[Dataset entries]

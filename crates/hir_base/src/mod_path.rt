//! Paths, after rust-analyzer's `mod_path.rs`.
ghost use Rattle.std.specs.Prelude.{refl, ◌≡◌, ℕ, nat_eq, List, ◌++◌, IfOk};
ghost use Rattle.std.specs.Cmp.Lexicographic.{pointwise, pointwise_decides, lists_equiv, lists_total, lists_ties, nat_list_eq_equiv, nat_list_cmp_total, slice_cmp};
ghost use Rattle.std.specs.Ordering.{on, eq_of_both, then_cmp, as_partial_cmp, nat_cmp};
ghost use Rattle.std.specs.Cmp.{partial_equiv_from_equiv, and_equiv, on_equiv, on_total, then_total, both_tied, po, unsigned_Decides, unsigned_ties};
ghost use Rattle.std.specs.Hash as fed;
ghost use Rattle.std.specs.Hash.{and-Alike, on_Alike, items_Alike, same_Alike};
ghost use Rattle.hir_base.specs.declared.mod_path.PathKind.{PathKind};
ghost use Rattle.hir_base.specs.declared.mod_path.ParseError.TheVariants.{Memory};
ghost use Rattle.hir_ids.specs.Refusal.{Gives};

use crate::ids::Crate;
use crate::limit::Limit;
use crate::name::Name;
use crate::parse_path::{are_names, from_parts, has_long_name, names, parts};
use smallvec::SmallVec;
use std::alloc::{AllocError, AllocFailed, Global};
use std::cmp::Ordering;
use std::hash::{Hash, Hasher};
use std::marker::Model;
use thiserror::Error;

/// The most segments of a path.
pub const MAX_SEGMENTS: usize = 64;

/// The most levels of `super` of a path.
pub const MAX_LEVELS: usize = 255;

/// Why a text is no path, or no file, in the order in which it is looked for.
#[derive(Clone, Copy, Debug, PartialEq, Eq, Error)]
pub enum ParseError {
    /// The text hasn't the form.
    #[error("not a path")]
    Bad,
    /// The text has the form, and passes this limit.
    #[error("a path above the limit: {0}")]
    TooLarge(Limit),
    #[error("out of memory")]
    Memory,
}

/// How a path begins.
#[derive(Clone, Copy, Debug, PartialEq, Eq, PartialOrd, Ord, Hash)]
pub enum PathKind {
    Plain,
    /// `self` is `Super(0)`.
    Super(u8),
    Crate,
    /// The path begins with `::`.
    Abs,
    /// What `$crate` stands for in a macro of the crate.
    DollarCrate(Crate),
}

impl From<AllocError> for ParseError {
    ghost from_gives = { λ _ e. e ≡ Memory };

    fn from(_: AllocError) -> Self {
        ParseError::Memory
    }
}

impl<T: Drop> From<AllocFailed<T>> for ParseError {
    ghost from_gives = { λ _ e. e ≡ Memory };

    fn from(_: AllocFailed<T>) -> Self {
        ParseError::Memory
    }
}

impl PathKind {
    pub const SELF: PathKind = PathKind::Super(0);
}

/// A path: how it begins, and its names.
#[derive(Drop)]
pub struct ModPath {
    kind: PathKind,
    segments: SmallVec<Name, 1>,
}

impl Model for ModPath {
    ghost use Rattle.hir_base.specs.ModPath.{Path};

    ghost Value = { Path };

    ghost view = { λ p. record { kind = p.kind; segments = p.segments.items } };
}

impl ModPath {
    ghost use Rattle.hir_base.specs.ParsePath.{path_of_text, IsMemory};

    /// The path that a text spells: parts joined by `::`. A text that begins with `::` is absolute. Otherwise a first
    /// part `crate`, `self`, `super` or `$` with a crate's number is the root, and after `self` or `super` each further
    /// `super` counts one more level. All other parts are names. The empty text is a plain path without segments,
    /// `::` alone an absolute one.
    pub fn parse(alloc: Global, text: &str) -> Result<ModPath, ParseError>
        ensures answer { Gives IsMemory result (path_of_text text.now) }
    {
        let Some(parts) = parts(alloc, text)? else {
            return Err(ParseError::Bad);
        };
        let Some((root, segments)) = from_parts(parts.as_slice()) else {
            return Err(ParseError::Bad);
        };
        if !are_names(segments) {
            return Err(ParseError::Bad);
        }
        if has_long_name(segments) {
            return Err(ParseError::TooLarge(Limit::Name));
        }
        if segments.len() > MAX_SEGMENTS || root.levels() > MAX_LEVELS {
            return Err(ParseError::TooLarge(Limit::Path));
        }
        let segments = names(alloc, segments)?;
        Ok(ModPath {
            kind: root.kind(),
            segments,
        })
    }

    /// A path of its parts.
    pub fn from_segments(kind: PathKind, segments: SmallVec<Name, 1>) -> ModPath
        ensures value { result ≡ record { kind = kind; segments = segments.items } }
    {
        ModPath { kind, segments }
    }

    /// How the path begins.
    pub fn kind(&self) -> PathKind
        ensures value { result ≡ self.now.kind }
    {
        self.kind
    }

    /// The names, in order.
    pub fn segments(&self) -> &[Name]
        ensures value { result.now ≡ self.now.segments }
    {
        self.segments.as_slice()
    }

    /// The same path; no text is copied.
    pub fn clone(&self) -> Result<ModPath, AllocError>
        ensures value { IfOk result (λ p. p ≡ self.now) }
    {
        let mut segments = SmallVec::new(*self.segments.allocator());
        for segment in self.segments.as_slice() {
            segments.push(segment.clone()?)?;
        }
        Ok(ModPath {
            kind: self.kind,
            segments,
        })
    }
}

impl PartialEq for ModPath {
    ghost use Rattle.hir_base.specs.contracts.mod_path.PathKindEq.TheImpl.Laws.{laws-law as kind_laws};

    ghost eq = { eq_of_both (on (λ p. p.kind) (⟦<PathKind as PartialEq>⟧.eq)) (on (λ p. p.segments) (pointwise (pointwise nat_eq))) };

    ghost laws = { partial_equiv_from_equiv (and_equiv (on_equiv (λ p. p.kind) kind_laws) (on_equiv (λ p. p.segments) (lists_equiv nat_list_eq_equiv))) };

    fn eq(&self, other: &ModPath) -> bool {
        self.kind == other.kind && self.segments == other.segments
    }
}

impl Eq for ModPath {
    ghost use Rattle.hir_base.specs.contracts.mod_path.PathKindEq.TheImpl.Laws.{laws-law as kind_laws};

    ghost laws = { and_equiv (on_equiv (λ p. p.kind) kind_laws) (on_equiv (λ p. p.segments) (lists_equiv nat_list_eq_equiv)) };
}

impl Hash for ModPath {
    ghost use Rattle.hir_base.specs.contracts.mod_path.PathKindHash.TheImpl.Laws.{respects_eq-law as kind_alike};

    ghost hash_input = { λ p. ⟦<PathKind as Hash>⟧.hash_input p.kind ++ fed.slice fed.str p.segments };

    ghost respects_eq = { (and-Alike (on_Alike (λ p. p.kind) (record { fed = kind_alike })) (on_Alike (λ p. p.segments) (items_Alike (same_Alike fed.str (pointwise_decides unsigned_Decides))))).fed };

    fn hash<H: Hasher>(&self, state: &mut H) {
        self.kind.hash(state);
        self.segments.hash(state);
    }
}

impl Ord for ModPath {
    ghost use Rattle.hir_base.specs.contracts.mod_path.PathKindOrd.TheImpl.Laws.{total-law as kind_total, matches_eq-law as kind_ties};

    ghost cmp = { then_cmp (on (λ p. p.kind) (⟦<PathKind as Ord>⟧.cmp)) (on (λ p. p.segments) (slice_cmp (slice_cmp nat_cmp))) };

    ghost total = { then_total (on_total (λ p. p.kind) kind_total) (on_total (λ p. p.segments) (lists_total nat_list_cmp_total)) };

    ghost matches_partial_cmp = { λ p q. refl };

    ghost matches_eq = { λ p q. both_tied _ _ _ _ (kind_ties p.kind q.kind) (lists_ties _ (lists_ties _ unsigned_ties) p.segments q.segments) };

    fn cmp(&self, other: &ModPath) -> Ordering {
        self.kind
            .cmp(&other.kind)
            .then(self.segments.as_slice().cmp(&other.segments.as_slice()))
    }
}

impl PartialOrd for ModPath {
    ghost use Rattle.hir_base.specs.contracts.mod_path.PathKindOrd.TheImpl.Laws.{total-law as kind_total, matches_eq-law as kind_ties};

    ghost partial_cmp = { as_partial_cmp (then_cmp (on (λ p. p.kind) (⟦<PathKind as Ord>⟧.cmp)) (on (λ p. p.segments) (slice_cmp (slice_cmp nat_cmp)))) };

    ghost laws = { po (then_total (on_total (λ p. p.kind) kind_total) (on_total (λ p. p.segments) (lists_total nat_list_cmp_total)))
        (λ p q. both_tied _ _ _ _ (kind_ties p.kind q.kind) (lists_ties _ (lists_ties _ unsigned_ties) p.segments q.segments)) };

    fn partial_cmp(&self, other: &ModPath) -> Option<Ordering> {
        Some(self.cmp(other))
    }
}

TASK TO CARRY OUT: Starting from the top of the records and ending at the line that contains "impl<T: Drop> From<AllocFailed<T>>", repeat each line exactly and return only those lines.

ANSWER FOR THE TASK:
filename crates/hir_base/src/mod_path.rt
//! Paths, after rust-analyzer's `mod_path.rs`.
ghost use Rattle.std.specs.Prelude.{refl, ◌≡◌, ℕ, nat_eq, List, ◌++◌, IfOk};
ghost use Rattle.std.specs.Cmp.Lexicographic.{pointwise, pointwise_decides, lists_equiv, lists_total, lists_ties, nat_list_eq_equiv, nat_list_cmp_total, slice_cmp};
ghost use Rattle.std.specs.Ordering.{on, eq_of_both, then_cmp, as_partial_cmp, nat_cmp};
ghost use Rattle.std.specs.Cmp.{partial_equiv_from_equiv, and_equiv, on_equiv, on_total, then_total, both_tied, po, unsigned_Decides, unsigned_ties};
ghost use Rattle.std.specs.Hash as fed;
ghost use Rattle.std.specs.Hash.{and-Alike, on_Alike, items_Alike, same_Alike};
ghost use Rattle.hir_base.specs.declared.mod_path.PathKind.{PathKind};
ghost use Rattle.hir_base.specs.declared.mod_path.ParseError.TheVariants.{Memory};
ghost use Rattle.hir_ids.specs.Refusal.{Gives};

use crate::ids::Crate;
use crate::limit::Limit;
use crate::name::Name;
use crate::parse_path::{are_names, from_parts, has_long_name, names, parts};
use smallvec::SmallVec;
use std::alloc::{AllocError, AllocFailed, Global};
use std::cmp::Ordering;
use std::hash::{Hash, Hasher};
use std::marker::Model;
use thiserror::Error;

/// The most segments of a path.
pub const MAX_SEGMENTS: usize = 64;

/// The most levels of `super` of a path.
pub const MAX_LEVELS: usize = 255;

/// Why a text is no path, or no file, in the order in which it is looked for.
#[derive(Clone, Copy, Debug, PartialEq, Eq, Error)]
pub enum ParseError {
    /// The text hasn't the form.
    #[error("not a path")]
    Bad,
    /// The text has the form, and passes this limit.
    #[error("a path above the limit: {0}")]
    TooLarge(Limit),
    #[error("out of memory")]
    Memory,
}

/// How a path begins.
#[derive(Clone, Copy, Debug, PartialEq, Eq, PartialOrd, Ord, Hash)]
pub enum PathKind {
    Plain,
    /// `self` is `Super(0)`.
    Super(u8),
    Crate,
    /// The path begins with `::`.
    Abs,
    /// What `$crate` stands for in a macro of the crate.
    DollarCrate(Crate),
}

impl From<AllocError> for ParseError {
    ghost from_gives = { λ _ e. e ≡ Memory };

    fn from(_: AllocError) -> Self {
        ParseError::Memory
    }
}

impl<T: Drop> From<AllocFailed<T>> for ParseError {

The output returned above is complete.